Start of Block
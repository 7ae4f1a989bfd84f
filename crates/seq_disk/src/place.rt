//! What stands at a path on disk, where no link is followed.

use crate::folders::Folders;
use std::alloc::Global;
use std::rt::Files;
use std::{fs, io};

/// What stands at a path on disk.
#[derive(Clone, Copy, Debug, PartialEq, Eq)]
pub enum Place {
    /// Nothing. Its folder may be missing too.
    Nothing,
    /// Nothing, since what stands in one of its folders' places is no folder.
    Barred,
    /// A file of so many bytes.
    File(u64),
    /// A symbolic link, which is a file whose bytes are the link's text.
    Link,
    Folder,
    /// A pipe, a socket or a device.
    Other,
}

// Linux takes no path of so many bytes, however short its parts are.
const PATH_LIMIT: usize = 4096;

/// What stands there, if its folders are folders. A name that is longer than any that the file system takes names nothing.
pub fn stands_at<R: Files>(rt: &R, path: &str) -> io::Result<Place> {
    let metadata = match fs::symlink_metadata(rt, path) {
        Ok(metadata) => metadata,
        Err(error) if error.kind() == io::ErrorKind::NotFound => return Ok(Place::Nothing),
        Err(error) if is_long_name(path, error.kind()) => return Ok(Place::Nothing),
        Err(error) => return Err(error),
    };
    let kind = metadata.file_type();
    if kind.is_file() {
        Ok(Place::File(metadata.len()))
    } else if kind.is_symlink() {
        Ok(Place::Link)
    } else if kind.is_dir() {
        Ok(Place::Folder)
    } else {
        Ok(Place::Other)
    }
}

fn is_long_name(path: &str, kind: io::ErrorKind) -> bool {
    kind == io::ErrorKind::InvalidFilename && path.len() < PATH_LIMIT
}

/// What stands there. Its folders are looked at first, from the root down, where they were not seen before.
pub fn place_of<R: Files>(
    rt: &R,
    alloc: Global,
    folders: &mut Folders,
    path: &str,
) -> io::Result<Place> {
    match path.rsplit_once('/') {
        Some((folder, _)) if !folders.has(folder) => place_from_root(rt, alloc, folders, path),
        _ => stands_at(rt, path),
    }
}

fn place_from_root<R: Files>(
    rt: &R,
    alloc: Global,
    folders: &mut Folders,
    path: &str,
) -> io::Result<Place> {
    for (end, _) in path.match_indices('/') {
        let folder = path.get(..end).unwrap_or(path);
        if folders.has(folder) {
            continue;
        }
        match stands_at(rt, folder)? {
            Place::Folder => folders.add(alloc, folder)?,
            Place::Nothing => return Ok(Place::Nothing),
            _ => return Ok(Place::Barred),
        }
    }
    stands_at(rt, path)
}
End of Block
Activity –
Write out every line of the entries that holds the word "where".

The answer –
//! What stands at a path on disk, where no link is followed.
/// What stands there. Its folders are looked at first, from the root down, where they were not seen before.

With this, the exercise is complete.